No hay dos funciones iguales porque eso atentaría contra las
leyes de la naturaleza que responden al cambio constante. Toda obra posee un
andamiaje a favor del relato que contiene, una serie de dispositivos hacen
posible que el personaje entre y salga, avance y, con suerte, cambie. Cuanto
más sólida es esa partitura, más profunda y vital resulta la actuación sin
importar qué tipo de género aborde. El trabajo del actor crece en torno a esa
estructura que asimila al punto de olvidarla, la digiere hasta hacerla
invisible, y el mapa de miradas, movimientos, silencios y respiraciones se torna
misterio. Con suerte.
Así como los niños disfrutan del placer del cuento repetido
al identificar una lógica salvadora de continuidad que satisface y tranquiliza,
el intérprete, músico o actor, cimenta lo inefable sobre el desafío titánico de
marcar la diferencia cada vez. Una diferencia que no debe ser disruptiva, no se
nutre de la improvisación o el accidente, se desarrolla en torno a un matiz que sólo está al alcance de quien tiene la rara fortuna y aún más
rara paciencia, de ver o escuchar varias, muchas, muchas veces, una misma obra
o concierto. Ahí, en esa imposibilidad del otra vez, descansa el entusiasmo que
posibilita el espectáculo como un encuentro que para muchos, o para alguien,
será inolvidable.
Todo esto sucede sin grandes rituales ni trances agónicos.
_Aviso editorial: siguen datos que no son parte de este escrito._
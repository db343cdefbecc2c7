//! Editing the document of an archive, so that it may grow.
ghost use Rattle.std.specs.Prelude.{◌≡◌, ◌-◌, ◌^◌, ◌<◌, IsTrue, IfOk, IfErr, OnErr};
ghost use Rattle.cabinet_documents.specs.Audit.{IsRefusedFor};
ghost use Rattle.cabinet_archives.specs.Refused.{refusal_of};
ghost use Rattle.cabinet_text.specs.Calls.{ReaderEndsRun, WriterEndsRun};
ghost use Rattle.cabinet.specs.Calls.{EditsDocument, SavesEdits};

use crate::showing::document_of;
use archive_shape_layout::Writer;
use cabinet_archives::{OpenRefusal, SaveRefusal, to_bytes};
use cabinet_text::{Count, RunFault, Source, edit_document};
use std::alloc::Global;

/// The archive of a document after the lines of a session, and the outcome of the session.
#[derive(Drop)]
pub struct EditedArchive {
    pub archive: Result<Vec<u8>, SaveRefusal>,
    pub outcome: Result<Count, RunFault>,
}

/// Checks the bytes, carries out the lines of a source in the document that they are the archive of, and saves it. The answer
/// to each line is that of the document as edited so far. What is saved at the end is the document as edited, also after a
/// fault that ended the session. Of bytes that are refused nothing is read or written.
pub fn edit_in<R: Source, W: Writer>(
    alloc: Global,
    archive: &[u8],
    reader: &mut R,
    writer: &mut W,
) -> Result<EditedArchive, OpenRefusal>
    requires reader_counts { R.failures reader.old < 2 ^ 64 - 1 }
    requires writer_counts { W.failures writer.old < 2 ^ 64 - 1 }
    ensures works { IsTrue R.OBSERVABLE → IsTrue W.OBSERVABLE → IfOk result (λ e. EditsDocument W.COUNTS archive.now
        (R.left reader.old) (R.left reader.new) (W.contents writer.old) (W.contents writer.new) e) }
    // Regardless of whether reader and writer are observable.
    ensures edits { IfOk result (SavesEdits archive.now) }
    ensures reader_fails { IfOk result (λ e. ReaderEndsRun R.Source reader.old reader.new e.outcome) }
    ensures writer_fails { IfOk result (λ e. WriterEndsRun W.Writer writer.old writer.new e.outcome) }
    ensures refused { IfErr result (λ refusal. IsRefusedFor archive.now (refusal_of refusal)) }
    ensures unread { OnErr result (reader.new ≡ reader.old) }
    ensures unwritten { OnErr result (writer.new ≡ writer.old) }
{
    let mut document = match document_of(alloc, archive) {
        Ok(document) => document,
        Err(refusal) => return Err(refusal),
    };
    let outcome = edit_document(alloc, &mut document, reader, writer);
    Ok(EditedArchive {
        archive: to_bytes(alloc, &document),
        outcome,
    })
}
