//! Archiving sets of std: their archived type, and the write of their own bytes.
ghost use Rattle.std.specs.Prelude.{◌≡◌, refl};
ghost use Rattle.std.proofs.Common.{ap};
ghost use Rattle.archive_shape_layout.specs.Shape.Shape.{tree, tuple};
ghost use Rattle.archive_shape_layout.specs.Shape.Shapes.{no_shapes};
ghost use Rattle.archive_forms_laws.specs.Fields.{unit_spelling};
ghost use Rattle.archive_forms_laws.specs.Forms.{seen_as};
ghost use Rattle.archive_forms_laws.specs.Serializing.{CanResolve, Resolves};
ghost use Rattle.archive_forms_laws.proofs.Fields.{unit_spells};
ghost use Rattle.archive_forms_laws.proofs.Views.{kept_spells_at, known_spells, seen_spells_at};
ghost use Rattle.archive_forms_values.specs.Parts.{both};
ghost use Rattle.archive_btree_spelling.proofs.Maps.{map_spells};
ghost use Rattle.archive_btree.specs.Owned.{entries_spelling, key_entries};

use crate::OwnedBTreeSet;
use archive_btree_maps::{ArchivedBTreeSet, BTreeSetResolver};
use archive_forms_writing::Archive;
use archive_shape::{Error, Place, Portable};

impl<K: Archive + Ord, const E: usize> Archive for OwnedBTreeSet<K, E> {
    type Archived = ArchivedBTreeSet<K::Archived, E>;

    type Resolver = BTreeSetResolver;

    ghost spelling = { seen_as (λ s. key_entries s.set.keys) (entries_spelling E K.Archived.shape (tuple no_shapes) K.spelling unit_spelling) };

    fn resolve(
        &self,
        resolver: BTreeSetResolver,
        out: Place<'_, ArchivedBTreeSet<K::Archived, E>>,
    ) -> Result<(), Error>
        requires { CanResolve (seen_as (λ s. key_entries s.set.keys)
            (entries_spelling E K.Archived.shape (tuple no_shapes) K.spelling unit_spelling))
            (tree E K.Archived.shape (tuple no_shapes)) self.now resolver out.out.now
            out.start out.pos }
        ensures { Resolves
            (seen_as (λ s. key_entries s.set.keys) (entries_spelling E K.Archived.shape (tuple no_shapes) K.spelling unit_spelling))
            (tree E K.Archived.shape (tuple no_shapes)) self.now resolver out.entry.pos out.entry.start
            out.entry.out.now out.exit.0.now result }
    {
        let Place {
            out,
            start,
            pos,
            ..
        } = out;
        ArchivedBTreeSet::<K::Archived, E>::resolve_from_len(
            self.set.len(),
            resolver,
            Place::within(out, start, pos),
        )
    }

    ghost spells = { λ fit m. seen_spells_at fit (tree E K.Archived.shape (tuple no_shapes)) (both K.Archived.knows ⟦<() as Portable>⟧.knows) (λ n. key_entries n.set.keys) (entries_spelling E K.Archived.shape (tuple no_shapes) K.spelling unit_spelling) m
        (kept_spells_at fit (tree E K.Archived.shape (tuple no_shapes)) (both K.Archived.knows ⟦<() as Portable>⟧.knows) _ _ (λ r. refl) _
        (key_entries m.set.keys)
        (map_spells fit E K.Archived.shape (tuple no_shapes) (both K.Archived.knows ⟦<() as Portable>⟧.knows) K.spelling unit_spelling
        (known_spells fit K.Archived.shape K.Archived.knows (both K.Archived.knows ⟦<() as Portable>⟧.knows) (λ _ k. k.0) K.spelling (K.spells fit))
        (unit_spells fit (both K.Archived.knows ⟦<() as Portable>⟧.knows)) (key_entries m.set.keys) (λ some. m.some (λ none. some (ap key_entries none))))) };
}
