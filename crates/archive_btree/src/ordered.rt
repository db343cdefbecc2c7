//! Search trees of entries that come in order.
ghost use Rattle.std.specs.Prelude.{◌≡◌, ℕ, ◌-◌, ◌^◌, ◌<◌, ⊤};
ghost use Rattle.std.specs.Iterator.{IsFinite};
ghost use Rattle.std.specs.Map.Iter.{deref_pair};
ghost use Rattle.archive_forms_laws.specs.Serializing.{HasState};
ghost use Rattle.archive_forms_laws.specs.Taking.{GivesAs};
ghost use Rattle.archive_btree_writing.specs.Built.{BuildsClaimedBy};
ghost use Rattle.archive_btree.specs.Owned.{TakesEntries};

use crate::node_writer::NodeWriter;
use archive_btree_maps::BTreeMapResolver;
use archive_btree_writing::build_tree_each;
use archive_forms_writing::{
    Archive, ArchiveWith, ByArchive, EntryStep, Serialize, SerializeEntry,
};
use archive_shape::{Allocator, Error, Writer};
use std::marker::PhantomData;

/// The greatest number of entries of a node.
pub(crate) const MAX_ENTRIES: usize = u32::MAX as usize;

/// Writes the search tree of the entries of a map, as `serialize_from_ordered_iter_each` does. The values are archived
/// by `with`.
pub(crate) fn serialize_from_ordered_iter_with_each<
    'a,
    K: Archive + 'a,
    V: 'a,
    A: ArchiveWith<V>,
    S: Writer + Allocator,
    C: EntryStep<K, V, A, S>,
    I: Iterator<Item = (&'a K, &'a V)>,
    const E: usize,
>(
    with: &A,
    claimed: usize,
    entries: I,
    serializer: &mut S,
    step: &C,
) -> Result<BTreeMapResolver, Error>
    requires calls { I.can_next entries × IsFinite (I.remaining entries) }
    requires some { 0 < E }
    requires room { S.failures serializer.old < 2 ^ 64 - 1 }
    requires state { HasState S.pos S.known serializer.old }
    requires takes { TakesEntries I.next_gives (C.takes step.now) with.now entries }
    ensures { BuildsClaimedBy E K.Archived.shape A.Archived.shape K.spelling (A.spelling with.now)
        S.Writer (GivesAs deref_pair I.next_gives) (λ r. r.pos) claimed entries
        serializer.old serializer.new result }
{
    if E > MAX_ENTRIES {
        return Err(Error::OutOfMemory);
    }
    let nodes = NodeWriter { with, step };
    let pos = build_tree_each::<(&'a K, &'a V), S, _, I, E>(
        claimed,
        entries,
        serializer,
        &nodes,
        PhantomData,
    )?;
    Ok(BTreeMapResolver { pos })
}

/// Writes the search tree of the entries of a map, which come in order and whose data is written by a step. `claimed`
/// is the number of entries that come.
///
/// # Errors
///
/// - `IteratorLengthMismatch` if fewer entries came, or if more did, which are then counted. What is written for the
///   entries that came remains written.
/// - Any error of the step.
/// - `OutOfMemory` if `E` is 2^32 or more.
pub fn serialize_from_ordered_iter_each<
    'a,
    K: Archive + 'a,
    V: Archive + 'a,
    S: Writer + Allocator,
    C: EntryStep<K, V, ByArchive, S>,
    I: Iterator<Item = (&'a K, &'a V)>,
    const E: usize,
>(claimed: usize, entries: I, serializer: &mut S, step: &C) -> Result<BTreeMapResolver, Error>
    requires calls { I.can_next entries × IsFinite (I.remaining entries) }
    requires some { 0 < E }
    requires room { S.failures serializer.old < 2 ^ 64 - 1 }
    requires state { HasState S.pos S.known serializer.old }
    requires takes { TakesEntries I.next_gives (C.takes step.now) (record {}) entries }
    ensures { BuildsClaimedBy E K.Archived.shape V.Archived.shape K.spelling V.spelling S.Writer
        (GivesAs deref_pair I.next_gives) (λ r. r.pos) claimed entries
        serializer.old serializer.new result }
{
    serialize_from_ordered_iter_with_each::<K, V, ByArchive, S, C, I, E>(
        &ByArchive, claimed, entries, serializer, step,
    )
}

/// Writes the search tree of the entries of a map, which come in order, as `serialize_from_ordered_iter_each` does. The
/// data of the entries is written by `Serialize`.
pub fn serialize_from_ordered_iter<
    'a,
    S: Writer + Allocator,
    K: Serialize<S> + 'a,
    V: Serialize<S> + 'a,
    I: Iterator<Item = (&'a K, &'a V)>,
    const E: usize,
>(claimed: usize, entries: I, serializer: &mut S) -> Result<BTreeMapResolver, Error>
    requires calls { I.can_next entries × IsFinite (I.remaining entries) }
    requires some { 0 < E }
    requires room { S.failures serializer.old < 2 ^ 64 - 1 }
    requires state { HasState S.pos S.known serializer.old }
    ensures { BuildsClaimedBy E K.Archived.shape V.Archived.shape K.spelling V.spelling S.Writer
        (GivesAs deref_pair I.next_gives) (λ r. r.pos) claimed entries
        serializer.old serializer.new result }
{
    serialize_from_ordered_iter_each::<K, V, S, SerializeEntry, I, E>(
        claimed,
        entries,
        serializer,
        &SerializeEntry,
    )
}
Acontece sin que se piense. Con la relativa facilidad con la que alguien maneja
un auto o pilota un avión. Con la responsabilidad de
quien sabe que hoy su trabajo puede cambiar la vida de un desconocido para
siempre o quizá conquistarlo durante ese tiempo otro.
La obra como invitación a la vida ofrece algo más
que una distracción, regala eso que necesitábamos. Algo que nos
acompañará desde ese día y nos ayudará a seguir adelante cuando el sinsentido
se imponga.
La fragilidad con la que esto se articula carece de
denominación. No hay una palabra que identifique la amalgama de elementos
preciosos que se aúnan en perfecto equilibrio para lograr el prodigio. Están
los ingredientes identificados en cualquier manual semiótico – texto, luces,
utilería, escenografía, espacio sonoro etc. – pero también están los cuerpos
del elenco, cuerpos que no veremos dos veces del mismo modo, que en ocasiones
actúan enfermos, cansados o atravesados por inquietudes personales que modifican
su estar. Y junto a ellos está el público, puñado incierto de desconocidos,
mínimo o numeroso, que observa, calla o comenta, tose, atiende un celular, abre
un caramelo, ríe, llora, olvida su inmediatez con la escena creyéndose a salvo
en la oscuridad de la platea. A veces la temperatura de la sala modifica el ánimo
colectivo, otras un ruido molesto en la parrilla de luces o una alarma de auto
en la vereda del teatro. Cualquier cosa, un objeto que cae, una tormenta que se
larga con fuerza desmedida, alguien que se indispone en su butaca… Todo atenta
contra eso que desea suceder para nosotros.
Cómo no aplaudir de pie cuando la maravilla es, cuando la
obra salva todos los obstáculos, explota cada uno de sus recursos y nada interfiere en ese encuentro entre mundos
posibles. Cómo no desear que la vida se parezca un poco más, cada vez más, a
ese momento. Cómo no seguir luchando para que otros,
muchos otros, lo sientan tan necesario que se torne imprescindible.